Exercise instructions → Check each line below for the word "specs", and copy those that have it.

The input →
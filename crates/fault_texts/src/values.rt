ghost use Rattle.std.specs.Prelude.{◌≡◌, ◌++◌, [], codes, map, string_bytes, IfOk, OnOk};
ghost use Rattle.std.specs.List.{list_all};
ghost use Rattle.toml.specs.View.{view};
ghost use Rattle.fault_texts.specs.Values.{is_plain, is_table, truth_text, plain_text, listed, bracketed, list_text, value_text, number_text, found_text};

use crate::characters::add_quoted;
use std::alloc::{AllocError, Global};
use toml::Value;

/// The most values that are told of a list.
const MANY: usize = 8;

// Whether a value is a number, a text or a truth value.
fn is_plain(value: &Value) -> bool
    ensures { result ≡ is_plain (view value.now) }
{
    value.is_integer() || value.is_str() || value.is_bool()
}

// Adds a truth value.
fn add_truth(text: &mut String, truth: bool) -> Result<(), AllocError>
    ensures { OnOk result (string_bytes text.new ≡ string_bytes text.old ++ truth_text truth) }
{
    if truth {
        text.push_str("true")
    } else {
        text.push_str("false")
    }
}

// Adds a number, a text or a truth value as a scenario writes it.
fn add_plain(alloc: Global, text: &mut String, value: &Value) -> Result<(), AllocError>
    ensures { OnOk result (string_bytes text.new ≡ string_bytes text.old ++ plain_text (view value.now)) }
{
    if let Some(told) = value.as_str() {
        add_quoted(alloc, text, told)
    } else if let Some(number) = value.as_integer() {
        write!(text, "{number}")
    } else if let Some(truth) = value.as_bool() {
        add_truth(text, truth)
    } else {
        Ok(())
    }
}

// Adds plain values with commas between them.
fn add_listed(alloc: Global, text: &mut String, values: &[Value]) -> Result<(), AllocError>
    ensures { OnOk result (string_bytes text.new ≡ string_bytes text.old ++ listed [] (map view values.now)) }
{
    let mut between = "";
    for value in values {
        text.push_str(between)?;
        add_plain(alloc, text, value)?;
        between = ", ";
    }
    Ok(())
}

fn are_plain(values: &[Value]) -> bool
    ensures { result ≡ list_all (λ v. is_plain (view v)) values.now }
{
    values.iter().all(|value| is_plain(value))
}

fn are_tables(values: &[Value]) -> bool
    ensures { result ≡ list_all (λ v. is_table (view v)) values.now }
{
    values.iter().all(|value| value.is_table())
}

// Adds plain values in brackets.
#[tactic(auto, unfolding(crate::specs::Values::bracketed))]
fn add_bracketed(alloc: Global, text: &mut String, values: &[Value]) -> Result<(), AllocError>
    ensures { OnOk result (string_bytes text.new ≡ string_bytes text.old ++ bracketed (map view values.now)) }
{
    text.push_str("[")?;
    add_listed(alloc, text, values)?;
    text.push_str("]")?;
    Ok(())
}

// Adds a list: what stands in it where that is little, else how many items it has.
#[tactic(auto, using(crate::proofs::Lists::are_plain, crate::proofs::Lists::are_tables, crate::proofs::Lists::are_many), unfolding(crate::specs::Values::list_text))]
fn add_list(alloc: Global, text: &mut String, values: &[Value]) -> Result<(), AllocError>
    ensures { OnOk result (string_bytes text.new ≡ string_bytes text.old ++ list_text (map view values.now)) }
{
    let many = values.len();
    if many <= MANY && are_plain(values) {
        add_bracketed(alloc, text, values)
    } else if are_tables(values) {
        write!(text, "a list of {many} tables")
    } else {
        write!(text, "a list of {many} items")
    }
}

// Adds a value.
#[tactic(auto, using(crate::proofs::Lists::list_of_items_view))]
fn add_value(alloc: Global, text: &mut String, value: &Value) -> Result<(), AllocError>
    ensures { OnOk result (string_bytes text.new ≡ string_bytes text.old ++ value_text (view value.now)) }
{
    if let Some(values) = value.as_array() {
        add_list(alloc, text, values.as_slice())
    } else if value.is_table() {
        text.push_str("a table")
    } else if value.is_float() {
        text.push_str("a number with a fraction")
    } else if value.is_datetime() {
        text.push_str("a date or time")
    } else {
        add_plain(alloc, text, value)
    }
}

/// A value as it is told of an item of a list.
pub fn plain(alloc: Global, value: &Value) -> Result<String, AllocError>
    ensures { IfOk result (λ text. string_bytes text ≡ value_text (view value.now)) }
{
    let mut text = String::new(alloc);
    add_value(alloc, &mut text, value)?;
    Ok(text)
}

// A number, in hexadecimal digits too where it is an index or a station.
fn number(alloc: Global, is_hexadecimal: bool, number: i64) -> Result<String, AllocError>
    ensures { IfOk result (λ text. string_bytes text ≡ number_text is_hexadecimal number) }
{
    match u64::try_from(number) {
        Ok(code) if is_hexadecimal => format!(in alloc; "{code} (0x{code:04x})"),
        _ => format!(in alloc; "{number}"),
    }
}

/// What is found at a key.
pub fn found(alloc: Global, key: &str, value: &Value) -> Result<String, AllocError>
    ensures { IfOk result (λ text. string_bytes text ≡ found_text key.now (view value.now)) }
{
    match value.as_integer() {
        Some(integer) => number(alloc, key == "index" || key == "station", integer),
        None => plain(alloc, value),
    }
}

Solution for this task →
ghost use Rattle.std.specs.Prelude.{◌≡◌, ◌++◌, [], codes, map, string_bytes, IfOk, OnOk};
ghost use Rattle.std.specs.List.{list_all};
ghost use Rattle.toml.specs.View.{view};
ghost use Rattle.fault_texts.specs.Values.{is_plain, is_table, truth_text, plain_text, listed, bracketed, list_text, value_text, number_text, found_text};
#[tactic(auto, unfolding(crate::specs::Values::bracketed))]
#[tactic(auto, using(crate::proofs::Lists::are_plain, crate::proofs::Lists::are_tables, crate::proofs::Lists::are_many), unfolding(crate::specs::Values::list_text))]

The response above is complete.